Fr. Shoufani won a UNESCO Prize for Peace Education (2003).

==Biography==
Emile Shoufani was the second of eight children raised by a Melkite father and an Orthodox mother. A few months after Israel's establishment in 1948, he was deported with his family. His grandfather and uncle were killed by the Israeli army during the 1948 Palestine war. Raised by his grandmother, the latter taught him the value of forgiveness and the rejection of hatred. He became a choirboy at the church Eilaboun, which was built after 1949. He was soon fascinated by the liturgy and entered the seminary at the age of 13. Sent to France by his superiors at age 17, he studied philosophy and theology at the Seminary of Morsang-sur-Orge, then the seminary of St. Sulpice at Issy-les-Moulineaux in 1966. Shoufani died on 18 February 2024, at the age of 76.

==Priesthood==
As a priest in Nazareth, he taught at St. Joseph Seminary & High School at Nazareth where he became manager in 1976. In the college where half the students are Muslims and one Christian, Fr. Shoufani worked every day to encourage the teaching of democratic values and dialogue. For over twenty years, encounters with Jewish schools have been held three times a year.

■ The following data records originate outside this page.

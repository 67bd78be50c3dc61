// A grammar measured: checked, and its sizes read from the tables that the check leaves.
ghost use Rattle.std.specs.Prelude.{◌≡◌};
ghost use Rattle.measuring.specs.Measuring.{measure_of};

use number::Refusal;

// The sizes of a sound grammar: its highest token kind T, its nonterminals N, and the places P of all its productions.
#[derive(Clone, Copy, Debug, Default, PartialEq, Eq)]
pub struct Sizes {
    pub kinds: usize,
    pub nonterminals: usize,
    pub places: usize,
}

// The sizes of a grammar, or why it is refused.
pub fn measure(grammar: &[u8]) -> Result<Sizes, Refusal>
    ensures { result ≡ measure_of grammar.now }
{
    let mut tables = [0u16; grammar::TABLE_WORDS];
    soundness::compile(grammar, &mut tables)?;
    Ok(Sizes {
        kinds: grammar::kinds(&tables),
        nonterminals: grammar::nonterminals(&tables),
        places: grammar::size(&tables),
    })
}
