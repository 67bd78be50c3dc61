// The lowest alternative that serves where a nonterminal waits: by ends on demand, and by the derivation cells where their budget is out. Nobody above knows
// which of the two answered.
ghost use Rattle.std.specs.Prelude.{◌≡◌, ◌+◌};
ghost use Rattle.machine.specs.inside.Choice.{Numbered};
ghost use Rattle.serving.specs.inside.Serving.{Waiting, Found};
ghost use Rattle.serving.specs.inside.Aids.{MayServe, MaySearch, MayTake, Served, ServedFar};

use machine::{At, Space};
use opening::Frames;
use search::{Meter, Pair, Search};

// The alternative that is taken, if there is one, and of how many open frames the marks or the sets stand after it.
#[derive(Clone, Copy)]
pub struct Pick {
    pub alternative: Option<usize>,
    pub known: usize,
}

// By the cells.
fn by_cells(
    tables: &[u16],
    note: &[u16],
    ws: &mut [u32],
    space: Space,
    known: usize,
    at: At,
    a: usize,
) -> Pick
    requires { Waiting tables.now note.now ws.old space known at a }
    ensures { Numbered result.alternative (Found tables.now note.now ws.old ws.new at.depth at.place a at.position)
        × (result.known ≡ at.depth + 1) }
{
    Pick {
        alternative: crate::tabling::full(tables, note, ws, space, known, at, a),
        known: at.depth + 1,
    }
}

// By ends on demand, and by the cells where the budget is out on the way.
fn by_search(
    tables: &[u16],
    note: &[u16],
    masks: &[u32],
    tally: &mut [u32],
    ws: &mut [u32],
    space: Space,
    known: usize,
    at: At,
    a: usize,
) -> Pick
    requires { MaySearch tables.now note.now masks.now tally.old ws.old space known at a }
    ensures { Numbered result.alternative (ServedFar tables.now note.now masks.now tally.old ws.old
        masks.now tally.new ws.new at.depth at.place a at.position result.known) }
{
    let size = search::size_of(tables, note);
    let stand = crate::pushing::push(ws, space.base, known, at);
    let search = Search {
        tables,
        masks,
        note,
        size,
    };
    let frames = Frames {
        base: space.base,
        depth: at.depth + 1,
        known: stand,
    };
    let pair = Pair {
        nonterminal: a,
        position: at.position,
    };
    let found = opening::lowest(search, ws, frames, pair, crate::aids::meter(tally));
    crate::aids::keep(tally, found.meter, note.len());
    if found.meter.left == 0 {
        return by_cells(tables, note, ws, space, 0, at, a);
    }
    Pick {
        alternative: found.alternative,
        known: found.known,
    }
}

// Nonterminal a waits: the lowest alternative that serves. If there is one, at.place becomes frame at.depth.
pub fn serve(
    tables: &[u16],
    note: &[u16],
    masks: &mut [u32],
    tally: &mut [u32],
    ws: &mut [u32],
    space: Space,
    known: usize,
    at: At,
    a: usize,
) -> Pick
    requires { MayServe tables.now note.now masks.old tally.old ws.old space known at a }
    ensures { Numbered result.alternative (ServedFar tables.now note.now masks.old tally.old ws.old
        masks.new tally.new ws.new at.depth at.place a at.position result.known) }
{
    crate::aids::begin(tables, note, masks, tally, ws);
    if 1 < tally[0] {
        return by_search(tables, note, masks, tally, ws, space, known, at, a);
    }
    by_cells(tables, note, ws, space, known, at, a)
}

// The same where it is known that some alternative serves, if a search has budget: most are told then without going down the stack.
pub fn take(
    tables: &[u16],
    note: &[u16],
    masks: &[u32],
    tally: &mut [u32],
    ws: &mut [u32],
    space: Space,
    known: usize,
    at: At,
    a: usize,
) -> Pick
    requires { MayTake tables.now note.now masks.now tally.old ws.old space known at a }
    ensures { Numbered result.alternative (Served tables.now note.now masks.now tally.old ws.old
        masks.now tally.new ws.new at.depth at.place a at.position result.known) }
{
    if tally[0] < 2 {
        return by_cells(tables, note, ws, space, known, at, a);
    }
    let size = search::size_of(tables, note);
    let meter = crate::aids::meter(tally);
    let search = Search {
        tables,
        masks,
        note,
        size,
    };
    let pair = Pair {
        nonterminal: a,
        position: at.position,
    };
    let direct = opening::direct(search, ws, pair, meter.left);
    crate::aids::keep(
        tally,
        Meter {
            left: direct.left,
            high: meter.high,
        },
        note.len(),
    );
    if direct.left == 0 {
        return by_cells(tables, note, ws, space, 0, at, a);
    }
    let Some(told) = direct.alternative else {
        return by_search(tables, note, masks, tally, ws, space, known, at, a);
    };
    let stand = crate::pushing::push(ws, space.base, known, at);
    Pick {
        alternative: Some(told),
        known: stand,
    }
}
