// What a reading has worked out to choose by: nothing yet; ends on demand, as long as their budget lasts; or the derivation cells. It stands in a tally of two
// words: the budget that is left, and 1, or 0 where no search has begun, so that 1 says that the budget is out; and how far into the note the search came, or,
// before it has begun, the most that it may spend.
ghost use Rattle.std.specs.Prelude.{◌≡◌, suc, ◌+◌, ◌-◌, ◌≤◌, ◌<◌, min, length};
ghost use Rattle.serving.specs.inside.Aids.{tally_words, MayBegin, Begun, budget_in, high_in, tally_of, units_of, sets_of};

use search::Meter;

// Words of a tally. specs/Aids has the same.
pub const TALLY: usize = 2;

// More than any search spends.
pub const AMPLE: u32 = 65536;

// The units of work that a reading may spend on ends on demand: one for each alternative that is tried and each frame that is gone down, four for a position
// of a set. Delivery notes take some six a token; what takes more than this is mostly done faster by the cells.
fn units(places: usize, n: usize) -> usize
    requires { (places ≤ 255) × (n ≤ 128) }
    ensures { result ≡ units_of places n }
{
    128 + (8 + places / 12) * (n + 1)
}

// No search has begun, and one may spend so much at most. No answer depends on it.
pub fn allow(tally: &mut [u32], most: u32)
    requires { length tally.old ≡ tally_words }
    ensures { tally.new ≡ tally_of 0 most }
{
    tally[0] = 0;
    tally[1] = most;
}

// What is left of the budget, and how far the search came.
pub fn meter(tally: &[u32]) -> Meter
    requires { length tally.now ≡ tally_words }
    ensures { (result.left ≡ budget_in tally.now - 1) × (result.high ≡ high_in tally.now) }
{
    let budget = base::number(tally[0]);
    if budget == 0 {
        return Meter {
            left: 0,
            high: base::number(tally[1]),
        };
    }
    Meter {
        left: budget - 1,
        high: base::number(tally[1]),
    }
}

// Keeps both. No position behind the end mark is come to, so that what is kept fits a word.
pub fn keep(tally: &mut [u32], meter: Meter, n: usize)
    requires { (length tally.old ≡ tally_words) × (meter.left < 65536) × (n ≤ 128) }
    ensures { tally.new ≡ tally_of (suc meter.left) (min meter.high (n + 1)) }
{
    tally[0] = base::word(meter.left + 1);
    tally[1] = base::word(meter.high.min(n + 1));
}

// Begins the search, unless one has begun: FIRST and FOLLOW, and no pair worked out. Where the words of the cells are not enough for it, its budget is out
// at once.
pub fn begin(tables: &[u16], note: &[u16], masks: &mut [u32], tally: &mut [u32], ws: &mut [u32])
    requires { MayBegin tables.now note.now masks.old tally.old ws.old }
    ensures { Begun tables.now note.now masks.old tally.old ws.old
        masks.new tally.new ws.new }
{
    if tally[0] != 0 {
        return;
    }
    if !search::fits(tables) {
        tally[0] = 1;
        return;
    }
    first_follow::mark(tables, masks);
    search::size_of(tables, note).clear(ws);
    let left = units(grammar::size(tables), note.len()).min(base::number(tally[1]));
    keep(tally, Meter { left, high: 0 }, note.len());
}

// Of how many open frames the sets stand, where `known` have marks or sets.
pub fn standing(tally: &[u32], known: usize) -> usize
    requires { length tally.now ≡ tally_words }
    ensures { result ≡ sets_of tally.now known }
{
    if tally[0] == 1 { known } else { 0 }
}
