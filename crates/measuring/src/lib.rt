// What a caller has to know of a grammar before lending working space: the check's verdict and, of a sound grammar, its three sizes.
#![tactic(auto)]

mod measuring;

pub use measuring::{Sizes, measure};
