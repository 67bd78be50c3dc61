// The note as a whole: whether it is a sentence, and where it goes wrong if it is not, by ends on demand.
ghost use Rattle.std.specs.Prelude.{◌≡◌, ℕ, ◌≤◌, length};
ghost use Rattle.derivation.specs.Space.{max_tokens};
ghost use Rattle.derivation.specs.inside.Ready.{Ready};
ghost use Rattle.search.specs.inside.Searching.{Sized, Roomy};
ghost use Rattle.serving.specs.inside.Judging.{MayJudge, StartsFrom, StartedBy, Judges, tells_end};

use search::{Meter, Pair, Reply, Search};

// Whether it is, each with the place where a note that is none goes wrong; or the budget is out.
#[derive(Clone, Copy)]
pub enum Judged {
    Sentence(usize),
    Wrong(usize),
    Out,
}

// Works out the start symbol from the note's beginning on, unless that is done.
fn ask_start(search: Search, tally: &mut [u32], ws: &mut [u32])
    requires { StartsFrom search tally.old ws.old }
    ensures { StartedBy search.entry tally.old ws.old tally.new ws.new }
{
    let n = search.note.len();
    let start = Pair {
        nonterminal: 0,
        position: 0,
    };
    match search.known(ws, start) {
        Reply::Unknown => {
            let mut meter = crate::aids::meter(tally);
            match search.settle(ws, start, &mut meter) {
                Ok(()) => crate::aids::keep(tally, meter, n),
                Err(_) => {
                    let spent = Meter {
                        left: 0,
                        high: meter.high,
                    };
                    crate::aids::keep(tally, spent, n);
                }
            }
        }
        Reply::Nowhere => {}
        Reply::Only(_) => {}
        Reply::Several => {}
    }
}

// Whether the note's end is among the ends that a reply tells of the start symbol.
fn ends_note(search: Search, ws: &[u32], reply: Reply) -> bool
    requires { Ready search.tables.now × Sized search.tables.now search.note.now search.size × Roomy search.tables.now search.note.now ws.now
        × (length search.note.now ≤ max_tokens) }
    ensures { result ≡ tells_end search.entry.tables.now search.entry.note.now ws.now reply }
{
    let n = search.size.n;
    match reply {
        Reply::Unknown => false,
        Reply::Nowhere => false,
        Reply::Only(m) => n == m,
        Reply::Several => {
            let start = Pair {
                nonterminal: 0,
                position: 0,
            };
            let ends = search.size.set_of(ws, start);
            ends.has(n)
        }
    }
}

// The answer, and what is worked out for it stays.
pub fn judge(
    tables: &[u16],
    note: &[u16],
    masks: &mut [u32],
    tally: &mut [u32],
    ws: &mut [u32],
) -> Judged
    requires { (known : ℕ) × MayJudge tables.now note.now masks.old tally.old ws.old known }
    ensures { Judges tables.now note.now masks.old tally.old ws.old masks.new
        tally.new ws.new result }
{
    crate::aids::begin(tables, note, masks, tally, ws);
    if tally[0] < 2 {
        return Judged::Out;
    }
    let size = search::size_of(tables, note);
    let search = Search {
        tables,
        masks,
        note,
        size,
    };
    ask_start(search, tally, ws);
    if tally[0] < 2 {
        return Judged::Out;
    }
    let meter = crate::aids::meter(tally);
    let place = meter.high.min(note.len());
    let start = Pair {
        nonterminal: 0,
        position: 0,
    };
    let reply = search.known(ws, start);
    if ends_note(search, ws, reply) {
        return Judged::Sentence(place);
    }
    Judged::Wrong(place)
}
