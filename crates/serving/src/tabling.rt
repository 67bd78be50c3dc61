// The lowest alternative that serves, by the derivation cells.
ghost use Rattle.machine.specs.inside.Choice.{Numbered};
ghost use Rattle.serving.specs.inside.Sets.{Tabling, Tabled};
ghost use Rattle.serving.specs.inside.Serving.{Waiting, Found, CellsWanted, CellsRight};

use machine::{At, Space};
use positions::Positions;

// The cells, if there are none yet, and with them the set of the lowest frame, which returns to the end place. Of how many frames the sets stand.
fn table(tables: &[u16], note: &[u16], ws: &mut [u32], space: Space, known: usize, at: At) -> usize
    requires { Tabling tables.now note.now ws.old space known at }
    ensures { Tabled tables.now note.now ws.old ws.new at.depth at.place at.position result }
{
    if known == 0 {
        chart::fill(tables, note, ws);
        let s = Positions::empty().with(note.len());
        machine::frames::put_rest(ws, space.base, 0, s);
        return 1;
    }
    known.min(at.depth)
}

// Nonterminal a waits, and a prediction said FULL: the lowest alternative that serves, with cells and all sets made right for it. Before the first frame
// there are no sets, and the end place is what stays open.
pub fn full(
    tables: &[u16],
    note: &[u16],
    ws: &mut [u32],
    space: Space,
    known: usize,
    at: At,
    a: usize,
) -> Option<usize>
    requires { Waiting tables.now note.now ws.old space known at a }
    ensures { Numbered result (Found tables.now note.now ws.old ws.new at.depth at.place a at.position) }
{
    if at.depth == 0 {
        chart::fill(tables, note, ws);
        return machine::call(tables, note, ws, space, at, a);
    }
    let caller = At {
        place: at.place - 1,
        position: at.position,
        depth: at.depth,
    };
    let stand = table(tables, note, ws, space, known, caller);
    crate::sets::settle(tables, note, ws, space, stand, caller);
    machine::call(tables, note, ws, space, at, a)
}

// The cells, if there are none yet.
pub fn fill_cells(tables: &[u16], note: &[u16], ws: &mut [u32], known: usize)
    requires { CellsWanted tables.now note.now ws.old known }
    ensures { CellsRight tables.now note.now ws.old ws.new }
{
    if known == 0 {
        chart::fill(tables, note, ws);
    }
}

==Jewish-Arab reconciliation==
Living in the heart of Israeli-Palestinian clashes, he perceived that the best way to take a step towards reconciliation and dialogue was to teach the Holocaust. In late 2002, he organized the first Jewish-Arab travel to Auschwitz-Birkenau in May 2003. Jean Mouttapa, Director of Spirituality of Editions Albin Michel and a strong player in interreligious dialogue, brought valuable assistance in organizing the French part of the pilgrimage and created the association "Memory for Peace". This initiative supported by many intellectuals in Israel has attracted over 500 people and earned him the Unesco Prize for Peace Education in the same year.

"Whoever is in front of me is someone who has a quality experience and not an identity card to brandish."

=="Memory for Peace"==
"I appeal to my Arab brothers to join me together make a strong gesture, audacious and absolutely free. At the place that incarnates the atrocity of genocide, Auschwitz-Birkenau, we will proclaim our brotherhood with the millions of victims ... This act of remembrance will indicate our deep rejection of such inhuman It demonstrates our ability to understand the wounds of others. "

"I appeal to my Jewish brethren to realize that the vast majority of Arab and Muslim world, the conflict tearing us apart is not religious, racial or even less. The Arab are not the successors of those who once wanted to wipe out the Jews as Jews. Like them heirs of the faith of Abraham, they are like them carrying light values. "

"This trip to the darkest depths of the memory of mankind can in no way relativize the suffering of other people in other places and at other times. It will on the contrary bring us face our responsibilities now, and our vocation as human beings turned into aliving together.